Honestly, for the first part of the year, I absolutely smashed the whole drinking lots of water thing- I drank more than I ever have but towards the end of this year I have got worse at it. Also I seem to be eating a lot worse too, so maybe the reasons for both of these are connected.

I feel like not just me, but Emily too have definitely excelled in taking up every opportunity for adventure this year. We have done so much, like ziplining (which I was terrified of!), going to pride and going to high points. I have had many adventures with friends too, like me and my best pal Becca went to London twice and I went on walks and things with others.

Looking back on my blog posts, I think I achieved this pretty well. In January I posted 12 times, February 4 times, March 6 times, April 4 times, May once, June 4 times, July twice, August 8 times, September 4 times, October 3 times, November twice and December isnt finished currently, but I predict maybe 27 times. So, there was only really 1 month, May, where I didnt achieve the posting a blog post twice a month goal.

Replying to messages fast is something I have always struggled with and then when there starts to get more and more of them, it becomes slightly overwhelming and I avoid answering them more. But, over the past like 6 months or so, I would say I have improved on answering them a lot quicker.

Saving up was something I have failed on tremendously this year. I tried, I really did, but with having no job, my money was draining day by day. With holidays, trips, birthdays and Christmas, I literally have like none left.

Swearing less was never going to happen, I didnt even know why I thought that was achieveable. If you scare me, I am going to swear. If I hurt myself, I am going to swear. If I am angry, I am going to swear. And thats that.

Honestly, although I have really struggled with getting to sleep this year, I have been making up for it the following morning, so I have usually been getting around 6/7 hours sleep which isnt bad, especially for me!

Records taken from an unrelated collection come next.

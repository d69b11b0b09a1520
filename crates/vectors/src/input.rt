// Numbers and books from a stream; a number that is missing at its end is 0.
ghost use Rattle.std.specs.Prelude.{◌≡◌, ◌<◌, IfOk, length as len};
ghost use Rattle.std.specs.Io.{ReadsAtMost};

use std::io;
use std::io::Read;

// Why no further call is answered.
#[derive(Debug, Drop)]
pub enum Stop {
    // The stream ends, or has a tag of no call, or a book that breaks off, or one or an output that
    // is too long.
    End,
    // A read or a write failed.
    Failed(io::Error),
}

impl From<io::Error> for Stop {
    fn from(error: io::Error) -> Stop {
        Stop::Failed(error)
    }
}

// How the books of a record are stored.
#[derive(Clone, Copy)]
pub enum Form {
    Whole,
    // The first 8 bytes and runs of equal rows.
    Runs,
}

// The bytes of a number.
pub fn read<const N: usize>(from: &mut impl Read) -> io::Result<[u8; N]> {
    let mut bytes = [0u8; N];
    read_full(from, &mut bytes)?;
    Ok(bytes)
}

pub fn read_u16(from: &mut impl Read) -> io::Result<usize>
    ensures { IfOk result (λ number. number < 65536) }
{
    Ok(usize::from(u16::from_le_bytes(read(from)?)))
}

pub fn read_u32(from: &mut impl Read) -> io::Result<usize>
    ensures { IfOk result (λ number. number < 4294967296) }
{
    // A cast, since a usize has no From of a u32.
    Ok(u32::from_le_bytes(read(from)?) as usize)
}

// A book of so many bytes, into the front of space.
pub fn read_book<'a>(
    from: &mut impl Read,
    form: Form,
    length: usize,
    space: &'a mut [u8],
) -> Result<&'a [u8], Stop>
    ensures { IfOk result (λ book. len book.now ≡ length) }
{
    if space.len() < length {
        return Err(Stop::End);
    }
    let book = &mut space[..length];
    match form {
        Form::Whole => read_all(from, book)?,
        Form::Runs => read_runs(from, book)?,
    }
    Ok(book)
}

// The first 8 bytes, and then runs of equal rows; of no bytes nothing.
fn read_runs(from: &mut impl Read, book: &mut [u8]) -> Result<(), Stop> {
    if book.is_empty() {
        return Ok(());
    }
    if book.len() < 8 {
        return Err(Stop::End);
    }
    let (contents, mut rest) = book.split_at_mut(8);
    read_all(from, contents)?;
    // A loop, since each run is read before the next is known.
    while !rest.is_empty() {
        let length = 16 * read_u16(from)?;
        let mut row = [0u8; 16];
        read_all(from, &mut row)?;
        if length == 0 || rest.len() < length {
            return Err(Stop::End);
        }
        let (run, after) = rest.split_at_mut(length);
        for (i, byte) in run.iter_mut().enumerate() {
            *byte = row[i % 16];
        }
        rest = after;
    }
    Ok(())
}

fn read_all(from: &mut impl Read, buf: &mut [u8]) -> Result<(), Stop> {
    if read_full(from, buf)? < buf.len() {
        return Err(Stop::End);
    }
    Ok(())
}

// Reads until buf is full or the input ends: how many bytes went to the front of buf.
// A loop, since `read_exact` does not say how many bytes there were where the input ends.
fn read_full(from: &mut impl Read, buf: &mut [u8]) -> io::Result<usize>
    ensures { ReadsAtMost result buf.new }
{
    let mut done = 0;
    while done < buf.len() {
        let n = from.read(&mut buf[done..])?;
        if n == 0 {
            break;
        }
        done += n;
    }
    Ok(done)
}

I have become a professional planner this year. I write lists for everything- everything. Going away? Write a list of what to pack. Messy room? Write a list of what needs tidying away. Jobs to do? Write a list of jobs to tick off. I think having a visual list of things that I need to do really helps me and motivates me.

I have totally and utterly failed on this one. No, I have not got a job. And honestly, I dont think I am going to be able to get one for a few months. All I want is a job and to earn money, have some money of my own and be able to do stuff and live my life. I feel so trapped where I am now but I know that I need to focus on myself first.

There you go, there is an example of me focusing on myself! I have focused on myself a lot this year. I have done what is best for my own wellbeing. I have stopped talking to people who talked to me like rubbish. I have tried to stop bad habbits. I have stood up for myself. I think I am greatly improving at focusing on myself and that makes me so happy.

I admit that this year I have been a rubbish friend, 100%. I have been trying to focus on myself and my health and I have not invested any time into seeing my friends and visiting my family as often as I would have liked. This is something I definitely want to do next year.

I cant actually think of an example of this right now, but I have definitely stood up for myself in a lot of situations this year which I am so proud of myself for because usually, I would just take the rubbish that everyone throws at me and just pretend to be okay with it.

You know what? I never thought I would say this but I really am learning to love myself. There are many things that I would love to change about myself but I have learned that I have to love what I have, it has taken a long time and it comes and goes but I think I have reached it.

So, I think I have done pretty well with my resolutions this year, dont you think?